> [WORK TO BE COMPLETED]
Look through the records that follow. Copy every line containing the word "codes".

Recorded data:
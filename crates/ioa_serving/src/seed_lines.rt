//! The lines in which runs by many seeds are told.

ghost use Rattle.std.specs.Prelude.{◌≡◌, ◌++◌, ◌+◌, ◌<◌, ◌^◌, IfOk, OnOk, codes, length, map, flat_map, option_map};
ghost use Rattle.std.specs.List.{zip};
ghost use Rattle.std.specs.String.{string_bytes};
ghost use Rattle.ioa_system.specs.Outcomes.{ending_of};
ghost use Rattle.ioa_request.specs.Pasted.{texts};
ghost use Rattle.ioa_serving.specs.SeedRuns.{judged_of};
ghost use Rattle.ioa_inspect.specs.Breaking.{broken_of};
ghost use Rattle.ioa_serving.specs.Logs.{broken_words};
ghost use Rattle.ioa_serving.specs.Seeds as spec;
ghost use Rattle.ioa_serving.specs.Seeds.{answer_behind, answers_behind, broken_behind, counts_line, inspected_behind, refusals_behind, seed_line};

use crate::judged::JudgedRun;
use crate::seed_counts::Counts;
use crate::seed_objects::{counts_object, seed_object};
use ioa_inspect::Broken;
use ioa_request::numbered_digits;
use ioa_system::End;
use ioa_value::OutOfMemory;
use std::alloc::{AllocError, Global};
use std::fmt::Write;

/// The line of the run by the seed of this number, as a JSON object or not, with the answers of the specifications of these names, and the invariant that is
/// broken.
pub fn seed_text(
    alloc: Global,
    json: bool,
    names: &[&str],
    number: u64,
    judged: &JudgedRun,
) -> Result<String, OutOfMemory>
    requires { length judged.now.answers.items ≡ length names.now }
    ensures { IfOk result (λ text. string_bytes text ≡ seed_line json (texts names.now) number (judged_of judged.now)) }
{
    if json {
        return seed_object(alloc, names, number, judged);
    }
    seed_words(alloc, names, number, judged)
}

/// The same in words.
fn seed_words(
    alloc: Global,
    names: &[&str],
    number: u64,
    judged: &JudgedRun,
) -> Result<String, OutOfMemory>
    requires { length judged.now.answers.items ≡ length names.now }
    ensures { IfOk result (λ text. string_bytes text ≡ spec.seed_words (texts names.now) number (judged_of judged.now)) }
{
    let digits = numbered_digits(alloc, number)?;
    let end = judged.log.end.end();
    let answers = answers_text(alloc, names, &judged.answers)?;
    let inspected = inspected_text(alloc, judged.inspected)?;
    let mut text = String::new(alloc);
    writeln!(text, "{digits} end: {end}{answers}{inspected}")?;
    Ok(text)
}

/// The invariant that is broken, or that none is; nothing where none is asked for.
fn inspected_text(alloc: Global, inspected: Option<Option<Broken>>) -> Result<String, AllocError>
    ensures { IfOk result (λ text. string_bytes text ≡ inspected_behind (option_map (option_map broken_of) inspected)) }
{
    match inspected {
        None => Ok(String::new(alloc)),
        Some(None) => String::from_str(alloc, "; invariants: ok"),
        Some(Some(broken)) => broken_text(alloc, broken),
    }
}

/// The invariant that is broken.
fn broken_text(alloc: Global, broken: Broken) -> Result<String, AllocError>
    ensures { IfOk result (λ text. string_bytes text ≡ codes "; " ++ broken_words (broken_of broken)) }
{
    let Broken {
        state,
        component,
        invariant,
    } = broken;
    format!(in alloc; "; invariant {invariant} of component {component} broken after {state}")
}

/// What the specifications of these names answer.
fn answers_text(
    alloc: Global,
    names: &[&str],
    answers: &[Option<End>],
) -> Result<String, AllocError>
    requires { length answers.now ≡ length names.now }
    ensures { IfOk result (λ text. string_bytes text ≡ answers_behind (texts names.now) (map (option_map ending_of) answers.now)) }
{
    let mut text = String::new(alloc);
    for place in 0..names.len() {
        push_answer(&mut text, names[place], answers[place])?;
    }
    Ok(text)
}

/// Puts what the specification of this name answers.
fn push_answer(text: &mut String, name: &str, answer: Option<End>) -> Result<(), AllocError>
    ensures { OnOk result (string_bytes text.new ≡ string_bytes text.old ++ answer_behind (name.now, option_map ending_of answer)) }
{
    match answer {
        None => write!(text, "; {name}: ok")?,
        Some(end) => write!(text, "; {name}: {end}")?,
    }
    Ok(())
}

/// The line with the counts, as a JSON object or not, for specifications of these names, and with that of broken invariants, where these are asked for.
pub fn counts_text(
    alloc: Global,
    json: bool,
    names: &[&str],
    invariants: bool,
    counts: &Counts,
) -> Result<String, OutOfMemory>
    requires sums { counts.now.done + counts.now.fault < 2 ^ 128 }
    requires counted { length counts.now.refusals.items ≡ length names.now }
    ensures { IfOk result (λ text. string_bytes text ≡ counts_line json (texts names.now) invariants counts.now.done counts.now.fault counts.now.refusals.items counts.now.broken) }
{
    if json {
        return counts_object(alloc, names, invariants, counts);
    }
    counts_words(alloc, names, invariants, counts)
}

/// The same in words.
fn counts_words(
    alloc: Global,
    names: &[&str],
    invariants: bool,
    counts: &Counts,
) -> Result<String, OutOfMemory>
    requires sums { counts.now.done + counts.now.fault < 2 ^ 128 }
    requires counted { length counts.now.refusals.items ≡ length names.now }
    ensures { IfOk result (λ text. string_bytes text ≡ spec.counts_words (texts names.now) invariants counts.now.done counts.now.fault counts.now.refusals.items counts.now.broken) }
{
    let refusals = refusals_text(alloc, names, &counts.refusals)?;
    let broken = broken_count_text(alloc, invariants, counts.broken)?;
    let seeds = counts.done + counts.fault;
    let done = counts.done;
    let fault = counts.fault;
    let mut text = String::new(alloc);
    writeln!(
        text,
        "seeds {seeds}; done {done}; fault {fault}{refusals}{broken}"
    )?;
    Ok(text)
}

/// How many runs break an invariant, where these are asked for.
fn broken_count_text(alloc: Global, asked: bool, count: u128) -> Result<String, AllocError>
    ensures { IfOk result (λ text. string_bytes text ≡ broken_behind asked count) }
{
    if asked {
        format!(in alloc; "; invariants: broken {count}")
    } else {
        Ok(String::new(alloc))
    }
}

/// How many runs the specifications of these names do not accept.
fn refusals_text(alloc: Global, names: &[&str], counts: &[u128]) -> Result<String, AllocError>
    requires { length counts.now ≡ length names.now }
    ensures { IfOk result (λ text. string_bytes text ≡ flat_map refusals_behind (zip (texts names.now) counts.now)) }
{
    let mut text = String::new(alloc);
    for place in 0..names.len() {
        push_refusals(&mut text, names[place], counts[place])?;
    }
    Ok(text)
}

/// Puts how many runs the specification of this name does not accept.
fn push_refusals(text: &mut String, name: &str, count: u128) -> Result<(), AllocError>
    ensures { OnOk result (string_bytes text.new ≡ string_bytes text.old ++ refusals_behind (name.now, count)) }
{
    write!(text, "; {name}: not accepted {count}")?;
    Ok(())
}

> [PROBLEM SOLUTION]
ghost use Rattle.std.specs.Prelude.{◌≡◌, ◌++◌, ◌+◌, ◌<◌, ◌^◌, IfOk, OnOk, codes, length, map, flat_map, option_map};
    ensures { IfOk result (λ text. string_bytes text ≡ codes "; " ++ broken_words (broken_of broken)) }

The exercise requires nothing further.